Nanny does not move the action along, apart from delivering messages.

‘As for Paris, we have half a dozen Parises. When Juliet goes to the party at the beginning of the ballet, she is surrounded by young men, prospective suitors. I want to show that Juliet’s father, just like the father of Anne Boleyn and her sister, Mary, in the film The Other Boleyn Girl, is selling her off to the highest bidder, pushing her into the bed of the wealthiest man. In other words, making an arranged marriage.’

The cruelty of Lord Capulet’s heartless action gives Pastor’s vision of the play added poignancy since he has also dispensed with the authority figure of the Prince of Verona. Instead, Friar Laurence has a much more pivotal role in his production, which he has set in the 20th century. As the story unfolds through three dramatic acts, time moves on inexorably.

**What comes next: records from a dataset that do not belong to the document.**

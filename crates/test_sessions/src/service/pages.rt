//! Pages of more segments than one reply has.

use crate::bytes::push;
use crate::checks::assert_true;
use crate::service::frames::register_by;
use crate::service::sessions::Frames;
use crate::service::stores::new_store_of;
use crate::service::tasks::talked;
use seg_check::seg_id;
use seg_core::{SegType, Segment, read_segment, write_response_of};
use std::alloc::Global;
use std::process::Abort;
use std::sync::Wait;
use std::thread::Threads;
use std::time::Clock;
use test_support::leaving_by;

/// How many segments are registered, each left by another interface.
const SEGMENTS: u8 = 70;

/// How many sectors the rows of the segments have room in: each takes 93 bytes.
const SECTORS: u32 = 16;

/// The most segments of a page.
const PAGE: usize = 64;

/// A segment and its id.
#[derive(Drop)]
struct Row {
    id: [u8; 32],
    segment: Segment,
}

/// The segment that is left by this interface.
fn row_of(rt: &impl Abort, alloc: Global, egress: u8) -> Row {
    let segment = read_segment(alloc, &leaving_by(egress)).expect(rt, "the segment is read");
    let id = seg_id(&segment);
    Row { id, segment }
}

/// The segments in the order of their ids.
fn rows(rt: &impl Abort, alloc: Global) -> Vec<Row> {
    let mut rows = Vec::new(alloc);
    for egress in 1..=SEGMENTS {
        rows.push(row_of(rt, alloc, egress))
            .expect(rt, "the row has room");
    }
    rows.sort_unstable_by_key(|row| row.id);
    rows
}

/// Adds the frame of a list of all down segments, after an id if there is one.
fn push_list(rt: &impl Abort, frames: &mut Vec<u8>, id: &[u8]) {
    let len = if id.is_empty() { 0x12 } else { 0x32 };
    push(rt, frames, &[0, 0, 0, len, 0x05, 0x02]);
    push(rt, frames, &[0; 16]);
    push(rt, frames, id);
}

/// Adds the reply that has a page of these segments.
fn push_page(rt: &impl Abort, alloc: Global, replies: &mut Vec<u8>, rows: &[Row], more: u8) {
    let mut segments = Vec::new(alloc);
    for row in rows {
        segments
            .push((SegType::Down, &row.segment))
            .expect(rt, "the segment has room");
    }
    let response = write_response_of(alloc, &segments).expect(rt, "the response has memory");
    let len = u32::try_from(response.len()).unwrap_or(0).saturating_add(2);
    push(rt, replies, &len.to_be_bytes());
    push(rt, replies, &[0x85, more]);
    push(rt, replies, &response);
}

/// The frames that register the segments, by rising interface.
fn registrations(rt: &impl Abort, alloc: Global) -> Vec<u8> {
    let mut frames = Vec::new(alloc);
    for egress in 1..=SEGMENTS {
        push(rt, &mut frames, &register_by(egress));
    }
    frames
}

/// What a session is sent, and the pages that it is replied.
#[derive(Drop)]
struct Lists {
    frames: Vec<u8>,
    pages: Vec<u8>,
}

impl Lists {
    /// Adds a list after an id if there is one, and its page of these segments.
    fn push(&mut self, rt: &impl Abort, alloc: Global, id: &[u8], page: &[Row], more: u8) {
        push_list(rt, &mut self.frames, id);
        push_page(rt, alloc, &mut self.pages, page, more);
    }

    /// Adds a list after the last of this number of segments, and its page of all others.
    fn push_after(&mut self, rt: &impl Abort, alloc: Global, rows: &[Row], count: usize) {
        let (front, rest) = rows.split_at(count.min(rows.len()));
        for row in front.last() {
            self.push(rt, alloc, &row.id, rest, 0);
        }
    }
}

/// Lists all segments: the first page has 64 segments, and the one after the last of them the
/// others. The page after the first segment but five has 64, too, and none follows.
fn push_lists(rt: &impl Abort, alloc: Global, lists: &mut Lists, rows: &[Row]) {
    let first = rows.split_at(PAGE.min(rows.len())).0;
    lists.push(rt, alloc, &[], first, 1);
    lists.push_after(rt, alloc, rows, PAGE);
    lists.push_after(rt, alloc, rows, 6);
}

/// Sees that a session is replied these pages after the registrations.
fn assert_pages<R: Wait + Clock + Threads + Abort + Copy + Drop + Send + Sync>(
    rt: R,
    alloc: Global,
    lists: Lists,
) {
    let Lists { frames, pages } = lists;
    let talk = Frames {
        alloc,
        frames,
        cut: 0,
    };
    let (_device, written) = talked(rt, alloc, new_store_of(&rt, alloc, SECTORS), talk);
    let has_pages = written.is_some_and(|written| written.as_slice().ends_with(pages.as_slice()));
    assert_true(&rt, has_pages, "the replies end with the pages");
}

#[test]
fn pages_of_seventy_segments(rt: HostRuntime) {
    let alloc = rt.alloc();
    let rows = rows(&rt, alloc);
    let mut lists = Lists {
        frames: registrations(&rt, alloc),
        pages: Vec::new(alloc),
    };
    push_lists(&rt, alloc, &mut lists, rows.as_slice());
    assert_pages(&rt, alloc, lists);
}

The story begins in black-and-white in a metropolis, somewhere in Italy.
With the aid of back projection of film of First World War trenches, Pastor shows that we are in a world torn apart by conflict and carnage.
The second act moves to the sepia-coloured 1950s, in the wake of Mussolini’s Fascist dictatorship. Finally, in the third act we are in today’s Kosovo, perhaps. Certainly, this is a land dominated by the eerie blue light of the televison cameras that report 24/7 from the frontline of global wars.

It is Pastor’s intention to show that the bloody feud that divides the Montagues and the Capulets is eternal. ‘We never find out what has driven the two families apart -- it may be political differences, or religious bigotry, or ethnic hatred. Whatever it is, it is passed from generation to generation, almost like Greek tragedy. Parents pass their divisive beliefs on to their children and so on,’ says Pastor, adding that his ballet will, however, never lose sight of the fact that Romeo and Juliet is a tender love story. Sadly, it’s a hate story, too.

Back in the rehearsal room, Pastor and his Romeos and Juliets are working on the bedroom scene, with the newly-wed Juliet waking to find her husband preparing for banishment after killing her kinsman, Tybalt.

The dancers perform a blissful pas de deux, exploiting Pastor’s ability to create sexy, lyrical pairwork. As Romeo looks down on his hands, slowly realising they are steeped in blood, Juliet takes them in her hands and washes them clean, signifying that she has forgiven him.

‘This is such an important moment, perhaps the most important of this ballet,’ says Pastor. Then the young lovers dance together again -- and part. Never has parting been such sweet sorrow. It’s a moment that pierces the heart, just as Juliet’s will puncture hers with her lover’s dagger.

Jackie McGlone is a journalist and feature writer.